- _Supplied data_:
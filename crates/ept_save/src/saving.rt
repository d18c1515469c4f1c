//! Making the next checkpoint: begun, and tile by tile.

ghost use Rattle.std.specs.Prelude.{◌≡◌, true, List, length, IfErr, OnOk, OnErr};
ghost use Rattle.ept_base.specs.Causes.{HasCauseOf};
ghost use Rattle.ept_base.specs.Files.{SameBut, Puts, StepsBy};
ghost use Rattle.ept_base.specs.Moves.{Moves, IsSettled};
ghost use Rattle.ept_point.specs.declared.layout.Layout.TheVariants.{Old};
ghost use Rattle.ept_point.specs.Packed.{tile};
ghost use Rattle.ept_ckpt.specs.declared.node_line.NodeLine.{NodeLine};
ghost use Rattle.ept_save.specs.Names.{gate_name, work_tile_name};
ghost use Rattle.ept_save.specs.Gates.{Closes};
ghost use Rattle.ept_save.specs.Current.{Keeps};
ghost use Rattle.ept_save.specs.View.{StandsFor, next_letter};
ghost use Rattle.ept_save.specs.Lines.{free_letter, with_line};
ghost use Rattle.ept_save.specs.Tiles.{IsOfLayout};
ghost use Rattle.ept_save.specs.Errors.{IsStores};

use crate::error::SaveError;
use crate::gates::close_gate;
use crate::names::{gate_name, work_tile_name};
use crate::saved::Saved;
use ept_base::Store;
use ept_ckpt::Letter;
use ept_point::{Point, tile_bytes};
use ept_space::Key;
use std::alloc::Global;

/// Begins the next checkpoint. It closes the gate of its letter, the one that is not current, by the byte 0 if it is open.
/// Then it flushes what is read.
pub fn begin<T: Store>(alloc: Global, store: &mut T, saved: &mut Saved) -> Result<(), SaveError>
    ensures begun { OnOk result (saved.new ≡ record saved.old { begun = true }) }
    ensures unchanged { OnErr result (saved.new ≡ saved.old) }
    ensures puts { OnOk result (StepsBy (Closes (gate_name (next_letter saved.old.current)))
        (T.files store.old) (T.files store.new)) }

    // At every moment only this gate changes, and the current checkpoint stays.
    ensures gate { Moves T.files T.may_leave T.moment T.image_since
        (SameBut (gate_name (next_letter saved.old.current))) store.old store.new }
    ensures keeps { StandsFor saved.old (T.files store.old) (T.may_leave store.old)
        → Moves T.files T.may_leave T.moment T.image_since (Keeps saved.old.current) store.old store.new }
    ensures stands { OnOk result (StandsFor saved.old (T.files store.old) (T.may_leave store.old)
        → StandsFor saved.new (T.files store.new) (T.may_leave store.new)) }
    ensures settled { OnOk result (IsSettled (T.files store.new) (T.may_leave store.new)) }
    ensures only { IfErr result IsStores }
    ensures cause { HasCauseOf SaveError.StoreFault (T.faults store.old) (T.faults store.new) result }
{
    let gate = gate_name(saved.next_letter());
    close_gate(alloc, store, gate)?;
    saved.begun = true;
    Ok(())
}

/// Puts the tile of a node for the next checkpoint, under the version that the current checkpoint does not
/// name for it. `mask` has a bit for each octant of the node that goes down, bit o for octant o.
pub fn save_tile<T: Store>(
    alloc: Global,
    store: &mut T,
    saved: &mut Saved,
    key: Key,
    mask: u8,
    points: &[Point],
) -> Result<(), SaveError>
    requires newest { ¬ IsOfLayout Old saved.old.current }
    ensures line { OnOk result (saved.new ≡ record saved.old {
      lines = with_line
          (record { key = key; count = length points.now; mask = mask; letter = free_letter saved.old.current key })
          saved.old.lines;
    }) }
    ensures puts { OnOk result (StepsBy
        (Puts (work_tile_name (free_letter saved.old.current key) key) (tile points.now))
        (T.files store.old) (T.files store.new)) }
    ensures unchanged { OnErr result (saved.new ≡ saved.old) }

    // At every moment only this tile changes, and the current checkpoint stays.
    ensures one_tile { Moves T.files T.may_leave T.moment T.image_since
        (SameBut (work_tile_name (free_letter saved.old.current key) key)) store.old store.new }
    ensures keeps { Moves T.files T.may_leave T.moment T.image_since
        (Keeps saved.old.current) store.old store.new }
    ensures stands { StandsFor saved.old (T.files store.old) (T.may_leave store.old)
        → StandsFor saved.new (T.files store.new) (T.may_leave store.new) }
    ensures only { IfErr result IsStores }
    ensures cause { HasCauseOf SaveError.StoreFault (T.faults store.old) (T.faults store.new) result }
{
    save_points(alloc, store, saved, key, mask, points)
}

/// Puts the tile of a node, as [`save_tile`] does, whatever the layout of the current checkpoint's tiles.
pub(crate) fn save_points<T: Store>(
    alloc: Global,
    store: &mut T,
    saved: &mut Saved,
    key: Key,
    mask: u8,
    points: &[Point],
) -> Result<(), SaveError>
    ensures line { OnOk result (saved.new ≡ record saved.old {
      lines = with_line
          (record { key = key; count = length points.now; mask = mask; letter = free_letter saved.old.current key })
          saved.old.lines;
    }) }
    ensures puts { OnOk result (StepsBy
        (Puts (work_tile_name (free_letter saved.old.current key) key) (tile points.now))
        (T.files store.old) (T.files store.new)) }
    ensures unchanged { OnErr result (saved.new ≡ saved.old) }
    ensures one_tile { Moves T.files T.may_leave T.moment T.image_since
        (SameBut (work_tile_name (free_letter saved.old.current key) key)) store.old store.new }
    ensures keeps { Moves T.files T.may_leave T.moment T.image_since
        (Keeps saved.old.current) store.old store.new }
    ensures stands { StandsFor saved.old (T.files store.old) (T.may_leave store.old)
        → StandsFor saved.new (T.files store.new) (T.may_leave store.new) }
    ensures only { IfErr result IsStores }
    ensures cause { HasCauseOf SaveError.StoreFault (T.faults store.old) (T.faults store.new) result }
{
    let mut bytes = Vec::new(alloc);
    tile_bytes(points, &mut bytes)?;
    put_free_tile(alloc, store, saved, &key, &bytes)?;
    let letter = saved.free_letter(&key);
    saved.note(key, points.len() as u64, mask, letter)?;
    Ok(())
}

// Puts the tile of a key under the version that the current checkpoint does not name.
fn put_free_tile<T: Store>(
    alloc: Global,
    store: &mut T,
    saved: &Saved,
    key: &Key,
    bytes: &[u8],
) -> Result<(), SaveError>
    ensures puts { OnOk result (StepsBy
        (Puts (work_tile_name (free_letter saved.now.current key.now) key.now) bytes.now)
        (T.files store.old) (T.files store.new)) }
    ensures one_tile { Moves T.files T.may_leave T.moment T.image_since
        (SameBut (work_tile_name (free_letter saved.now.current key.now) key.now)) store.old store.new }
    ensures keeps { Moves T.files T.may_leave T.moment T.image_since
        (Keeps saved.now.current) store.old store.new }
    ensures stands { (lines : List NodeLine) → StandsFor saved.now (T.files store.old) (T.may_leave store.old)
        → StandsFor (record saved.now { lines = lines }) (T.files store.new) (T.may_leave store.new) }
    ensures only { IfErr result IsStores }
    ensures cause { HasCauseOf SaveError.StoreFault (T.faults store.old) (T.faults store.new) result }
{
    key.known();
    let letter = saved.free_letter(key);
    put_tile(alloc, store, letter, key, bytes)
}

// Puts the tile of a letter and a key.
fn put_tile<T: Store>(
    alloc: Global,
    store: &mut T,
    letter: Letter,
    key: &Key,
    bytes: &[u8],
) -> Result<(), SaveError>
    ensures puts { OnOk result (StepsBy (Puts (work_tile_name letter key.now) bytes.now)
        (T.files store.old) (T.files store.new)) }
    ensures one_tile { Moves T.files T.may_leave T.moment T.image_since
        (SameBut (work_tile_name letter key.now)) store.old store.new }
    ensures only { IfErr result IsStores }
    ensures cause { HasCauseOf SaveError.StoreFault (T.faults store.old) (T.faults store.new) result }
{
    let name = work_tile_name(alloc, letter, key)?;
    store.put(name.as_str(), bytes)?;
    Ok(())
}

- _Exercise prompt_:
Lines holding the word "does" are the answer; copy each one from the records above.

- _Output_:
/// Puts the tile of a node for the next checkpoint, under the version that the current checkpoint does not
/// Puts the tile of a node, as [`save_tile`] does, whatever the layout of the current checkpoint's tiles.
// Puts the tile of a key under the version that the current checkpoint does not name.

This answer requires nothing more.